§ **TASK INPUT**
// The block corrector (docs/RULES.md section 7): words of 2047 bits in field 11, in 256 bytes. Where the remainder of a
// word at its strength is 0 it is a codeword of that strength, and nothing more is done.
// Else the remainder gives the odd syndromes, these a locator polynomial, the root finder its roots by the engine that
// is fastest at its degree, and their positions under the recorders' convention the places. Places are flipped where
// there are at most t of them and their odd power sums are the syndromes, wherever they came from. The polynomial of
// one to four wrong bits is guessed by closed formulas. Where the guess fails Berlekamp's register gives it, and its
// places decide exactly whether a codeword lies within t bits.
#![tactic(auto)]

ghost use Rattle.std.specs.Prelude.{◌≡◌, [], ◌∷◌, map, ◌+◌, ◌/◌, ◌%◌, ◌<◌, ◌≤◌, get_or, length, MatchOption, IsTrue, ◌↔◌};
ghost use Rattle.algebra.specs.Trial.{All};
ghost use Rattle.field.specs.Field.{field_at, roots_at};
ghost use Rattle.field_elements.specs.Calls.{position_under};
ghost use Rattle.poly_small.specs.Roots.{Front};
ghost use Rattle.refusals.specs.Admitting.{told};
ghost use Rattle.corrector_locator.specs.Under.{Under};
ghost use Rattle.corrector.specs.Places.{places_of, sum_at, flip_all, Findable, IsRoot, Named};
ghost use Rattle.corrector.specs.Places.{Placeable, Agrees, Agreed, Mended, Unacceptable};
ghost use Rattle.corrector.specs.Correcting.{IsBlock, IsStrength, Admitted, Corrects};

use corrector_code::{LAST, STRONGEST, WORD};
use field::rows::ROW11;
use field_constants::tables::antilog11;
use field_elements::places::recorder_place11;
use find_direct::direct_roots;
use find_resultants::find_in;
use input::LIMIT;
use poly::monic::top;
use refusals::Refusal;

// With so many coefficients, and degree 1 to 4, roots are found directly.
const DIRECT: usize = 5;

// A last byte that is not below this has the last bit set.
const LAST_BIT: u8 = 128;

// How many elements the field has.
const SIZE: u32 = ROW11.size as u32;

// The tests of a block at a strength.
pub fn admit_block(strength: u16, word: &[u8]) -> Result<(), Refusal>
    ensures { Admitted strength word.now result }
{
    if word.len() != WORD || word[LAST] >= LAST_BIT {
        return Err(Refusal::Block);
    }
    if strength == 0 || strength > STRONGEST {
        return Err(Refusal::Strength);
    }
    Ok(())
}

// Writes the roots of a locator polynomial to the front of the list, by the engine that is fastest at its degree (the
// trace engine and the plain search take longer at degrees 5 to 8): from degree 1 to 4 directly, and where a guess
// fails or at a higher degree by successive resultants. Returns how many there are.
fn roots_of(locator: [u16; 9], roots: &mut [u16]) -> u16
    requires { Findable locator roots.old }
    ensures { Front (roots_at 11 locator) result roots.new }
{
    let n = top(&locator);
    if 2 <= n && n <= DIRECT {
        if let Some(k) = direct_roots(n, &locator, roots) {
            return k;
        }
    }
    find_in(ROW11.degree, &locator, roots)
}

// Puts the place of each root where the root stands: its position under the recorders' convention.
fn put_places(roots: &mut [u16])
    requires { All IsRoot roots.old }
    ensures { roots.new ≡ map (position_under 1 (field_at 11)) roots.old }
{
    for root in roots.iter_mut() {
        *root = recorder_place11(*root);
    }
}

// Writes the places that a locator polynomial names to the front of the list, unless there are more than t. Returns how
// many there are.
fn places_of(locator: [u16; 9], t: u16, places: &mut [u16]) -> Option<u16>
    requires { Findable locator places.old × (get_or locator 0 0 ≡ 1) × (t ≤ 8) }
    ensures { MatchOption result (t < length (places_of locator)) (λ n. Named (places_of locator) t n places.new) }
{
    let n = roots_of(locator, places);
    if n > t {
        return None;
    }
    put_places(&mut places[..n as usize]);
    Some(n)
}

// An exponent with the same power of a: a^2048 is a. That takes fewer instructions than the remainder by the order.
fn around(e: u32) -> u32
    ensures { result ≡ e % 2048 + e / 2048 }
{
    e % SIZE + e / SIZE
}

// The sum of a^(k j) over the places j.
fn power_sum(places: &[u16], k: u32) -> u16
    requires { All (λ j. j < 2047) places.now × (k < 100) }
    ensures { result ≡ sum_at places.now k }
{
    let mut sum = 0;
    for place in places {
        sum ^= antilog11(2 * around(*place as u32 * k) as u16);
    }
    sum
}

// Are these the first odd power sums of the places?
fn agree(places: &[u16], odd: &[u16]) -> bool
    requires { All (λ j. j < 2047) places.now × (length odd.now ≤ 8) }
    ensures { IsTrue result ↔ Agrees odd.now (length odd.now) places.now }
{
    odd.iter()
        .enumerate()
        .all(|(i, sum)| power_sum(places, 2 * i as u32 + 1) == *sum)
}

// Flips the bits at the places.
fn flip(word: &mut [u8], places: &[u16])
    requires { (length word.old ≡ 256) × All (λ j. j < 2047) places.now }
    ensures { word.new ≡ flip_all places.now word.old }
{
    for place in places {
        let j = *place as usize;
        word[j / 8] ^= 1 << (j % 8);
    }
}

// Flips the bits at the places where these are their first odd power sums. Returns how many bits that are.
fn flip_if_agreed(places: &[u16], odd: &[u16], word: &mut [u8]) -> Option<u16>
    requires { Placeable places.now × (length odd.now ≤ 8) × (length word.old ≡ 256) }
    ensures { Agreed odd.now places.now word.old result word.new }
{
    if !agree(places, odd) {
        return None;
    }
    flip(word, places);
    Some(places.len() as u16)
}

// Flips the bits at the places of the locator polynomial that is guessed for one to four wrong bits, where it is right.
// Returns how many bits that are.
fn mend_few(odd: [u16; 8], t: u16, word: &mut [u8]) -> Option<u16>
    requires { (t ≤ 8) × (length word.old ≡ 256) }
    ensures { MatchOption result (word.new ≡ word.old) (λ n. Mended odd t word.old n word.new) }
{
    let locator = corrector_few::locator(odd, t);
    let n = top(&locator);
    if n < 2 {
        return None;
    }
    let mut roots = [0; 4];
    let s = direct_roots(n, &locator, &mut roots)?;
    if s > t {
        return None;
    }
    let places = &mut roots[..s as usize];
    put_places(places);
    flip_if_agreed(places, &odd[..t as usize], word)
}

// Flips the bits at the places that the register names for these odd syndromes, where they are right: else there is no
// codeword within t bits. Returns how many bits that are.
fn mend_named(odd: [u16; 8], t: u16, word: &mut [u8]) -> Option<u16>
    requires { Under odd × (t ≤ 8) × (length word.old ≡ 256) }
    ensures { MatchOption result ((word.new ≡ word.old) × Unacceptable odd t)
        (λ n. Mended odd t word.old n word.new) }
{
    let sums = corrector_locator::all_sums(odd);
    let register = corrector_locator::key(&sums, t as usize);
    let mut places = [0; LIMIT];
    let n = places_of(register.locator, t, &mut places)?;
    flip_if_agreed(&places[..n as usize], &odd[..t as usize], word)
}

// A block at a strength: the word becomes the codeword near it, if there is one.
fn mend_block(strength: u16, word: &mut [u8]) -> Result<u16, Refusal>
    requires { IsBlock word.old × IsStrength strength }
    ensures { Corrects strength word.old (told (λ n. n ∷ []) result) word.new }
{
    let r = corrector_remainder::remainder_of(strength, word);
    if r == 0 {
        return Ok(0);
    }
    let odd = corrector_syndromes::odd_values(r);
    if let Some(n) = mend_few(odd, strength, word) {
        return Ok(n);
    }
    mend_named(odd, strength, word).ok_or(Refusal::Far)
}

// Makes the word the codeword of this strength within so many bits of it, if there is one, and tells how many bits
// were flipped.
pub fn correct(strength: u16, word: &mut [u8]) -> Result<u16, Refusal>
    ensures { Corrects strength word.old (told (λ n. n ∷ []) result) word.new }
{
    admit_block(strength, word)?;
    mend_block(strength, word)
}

§ **WHAT THIS TASK INVOLVES**
Exactly as shown above, return every record.

§ **RESPONSE AREA**
// The block corrector (docs/RULES.md section 7): words of 2047 bits in field 11, in 256 bytes. Where the remainder of a
// word at its strength is 0 it is a codeword of that strength, and nothing more is done.
// Else the remainder gives the odd syndromes, these a locator polynomial, the root finder its roots by the engine that
// is fastest at its degree, and their positions under the recorders' convention the places. Places are flipped where
// there are at most t of them and their odd power sums are the syndromes, wherever they came from. The polynomial of
// one to four wrong bits is guessed by closed formulas. Where the guess fails Berlekamp's register gives it, and its
// places decide exactly whether a codeword lies within t bits.
#![tactic(auto)]

ghost use Rattle.std.specs.Prelude.{◌≡◌, [], ◌∷◌, map, ◌+◌, ◌/◌, ◌%◌, ◌<◌, ◌≤◌, get_or, length, MatchOption, IsTrue, ◌↔◌};
ghost use Rattle.algebra.specs.Trial.{All};
ghost use Rattle.field.specs.Field.{field_at, roots_at};
ghost use Rattle.field_elements.specs.Calls.{position_under};
ghost use Rattle.poly_small.specs.Roots.{Front};
ghost use Rattle.refusals.specs.Admitting.{told};
ghost use Rattle.corrector_locator.specs.Under.{Under};
ghost use Rattle.corrector.specs.Places.{places_of, sum_at, flip_all, Findable, IsRoot, Named};
ghost use Rattle.corrector.specs.Places.{Placeable, Agrees, Agreed, Mended, Unacceptable};
ghost use Rattle.corrector.specs.Correcting.{IsBlock, IsStrength, Admitted, Corrects};

use corrector_code::{LAST, STRONGEST, WORD};
use field::rows::ROW11;
use field_constants::tables::antilog11;
use field_elements::places::recorder_place11;
use find_direct::direct_roots;
use find_resultants::find_in;
use input::LIMIT;
use poly::monic::top;
use refusals::Refusal;

// With so many coefficients, and degree 1 to 4, roots are found directly.
const DIRECT: usize = 5;

// A last byte that is not below this has the last bit set.
const LAST_BIT: u8 = 128;

// How many elements the field has.
const SIZE: u32 = ROW11.size as u32;

// The tests of a block at a strength.
pub fn admit_block(strength: u16, word: &[u8]) -> Result<(), Refusal>
    ensures { Admitted strength word.now result }
{
    if word.len() != WORD || word[LAST] >= LAST_BIT {
        return Err(Refusal::Block);
    }
    if strength == 0 || strength > STRONGEST {
        return Err(Refusal::Strength);
    }
    Ok(())
}

// Writes the roots of a locator polynomial to the front of the list, by the engine that is fastest at its degree (the
// trace engine and the plain search take longer at degrees 5 to 8): from degree 1 to 4 directly, and where a guess
// fails or at a higher degree by successive resultants. Returns how many there are.
fn roots_of(locator: [u16; 9], roots: &mut [u16]) -> u16
    requires { Findable locator roots.old }
    ensures { Front (roots_at 11 locator) result roots.new }
{
    let n = top(&locator);
    if 2 <= n && n <= DIRECT {
        if let Some(k) = direct_roots(n, &locator, roots) {
            return k;
        }
    }
    find_in(ROW11.degree, &locator, roots)
}

// Puts the place of each root where the root stands: its position under the recorders' convention.
fn put_places(roots: &mut [u16])
    requires { All IsRoot roots.old }
    ensures { roots.new ≡ map (position_under 1 (field_at 11)) roots.old }
{
    for root in roots.iter_mut() {
        *root = recorder_place11(*root);
    }
}

// Writes the places that a locator polynomial names to the front of the list, unless there are more than t. Returns how
// many there are.
fn places_of(locator: [u16; 9], t: u16, places: &mut [u16]) -> Option<u16>
    requires { Findable locator places.old × (get_or locator 0 0 ≡ 1) × (t ≤ 8) }
    ensures { MatchOption result (t < length (places_of locator)) (λ n. Named (places_of locator) t n places.new) }
{
    let n = roots_of(locator, places);
    if n > t {
        return None;
    }
    put_places(&mut places[..n as usize]);
    Some(n)
}

// An exponent with the same power of a: a^2048 is a. That takes fewer instructions than the remainder by the order.
fn around(e: u32) -> u32
    ensures { result ≡ e % 2048 + e / 2048 }
{
    e % SIZE + e / SIZE
}

// The sum of a^(k j) over the places j.
fn power_sum(places: &[u16], k: u32) -> u16
    requires { All (λ j. j < 2047) places.now × (k < 100) }
    ensures { result ≡ sum_at places.now k }
{
    let mut sum = 0;
    for place in places {
        sum ^= antilog11(2 * around(*place as u32 * k) as u16);
    }
    sum
}

// Are these the first odd power sums of the places?
fn agree(places: &[u16], odd: &[u16]) -> bool
    requires { All (λ j. j < 2047) places.now × (length odd.now ≤ 8) }
    ensures { IsTrue result ↔ Agrees odd.now (length odd.now) places.now }
{
    odd.iter()
        .enumerate()
        .all(|(i, sum)| power_sum(places, 2 * i as u32 + 1) == *sum)
}

// Flips the bits at the places.
fn flip(word: &mut [u8], places: &[u16])
    requires { (length word.old ≡ 256) × All (λ j. j < 2047) places.now }
    ensures { word.new ≡ flip_all places.now word.old }
{
    for place in places {
        let j = *place as usize;
        word[j / 8] ^= 1 << (j % 8);
    }
}

// Flips the bits at the places where these are their first odd power sums. Returns how many bits that are.
fn flip_if_agreed(places: &[u16], odd: &[u16], word: &mut [u8]) -> Option<u16>
    requires { Placeable places.now × (length odd.now ≤ 8) × (length word.old ≡ 256) }
    ensures { Agreed odd.now places.now word.old result word.new }
{
    if !agree(places, odd) {
        return None;
    }
    flip(word, places);
    Some(places.len() as u16)
}

// Flips the bits at the places of the locator polynomial that is guessed for one to four wrong bits, where it is right.
// Returns how many bits that are.
fn mend_few(odd: [u16; 8], t: u16, word: &mut [u8]) -> Option<u16>
    requires { (t ≤ 8) × (length word.old ≡ 256) }
    ensures { MatchOption result (word.new ≡ word.old) (λ n. Mended odd t word.old n word.new) }
{
    let locator = corrector_few::locator(odd, t);
    let n = top(&locator);
    if n < 2 {
        return None;
    }
    let mut roots = [0; 4];
    let s = direct_roots(n, &locator, &mut roots)?;
    if s > t {
        return None;
    }
    let places = &mut roots[..s as usize];
    put_places(places);
    flip_if_agreed(places, &odd[..t as usize], word)
}

// Flips the bits at the places that the register names for these odd syndromes, where they are right: else there is no
// codeword within t bits. Returns how many bits that are.
fn mend_named(odd: [u16; 8], t: u16, word: &mut [u8]) -> Option<u16>
    requires { Under odd × (t ≤ 8) × (length word.old ≡ 256) }
    ensures { MatchOption result ((word.new ≡ word.old) × Unacceptable odd t)
        (λ n. Mended odd t word.old n word.new) }
{
    let sums = corrector_locator::all_sums(odd);
    let register = corrector_locator::key(&sums, t as usize);
    let mut places = [0; LIMIT];
    let n = places_of(register.locator, t, &mut places)?;
    flip_if_agreed(&places[..n as usize], &odd[..t as usize], word)
}

// A block at a strength: the word becomes the codeword near it, if there is one.
fn mend_block(strength: u16, word: &mut [u8]) -> Result<u16, Refusal>
    requires { IsBlock word.old × IsStrength strength }
    ensures { Corrects strength word.old (told (λ n. n ∷ []) result) word.new }
{
    let r = corrector_remainder::remainder_of(strength, word);
    if r == 0 {
        return Ok(0);
    }
    let odd = corrector_syndromes::odd_values(r);
    if let Some(n) = mend_few(odd, strength, word) {
        return Ok(n);
    }
    mend_named(odd, strength, word).ok_or(Refusal::Far)
}

// Makes the word the codeword of this strength within so many bits of it, if there is one, and tells how many bits
// were flipped.
pub fn correct(strength: u16, word: &mut [u8]) -> Result<u16, Refusal>
    ensures { Corrects strength word.old (told (λ n. n ∷ []) result) word.new }
{
    admit_block(strength, word)?;
    mend_block(strength, word)
}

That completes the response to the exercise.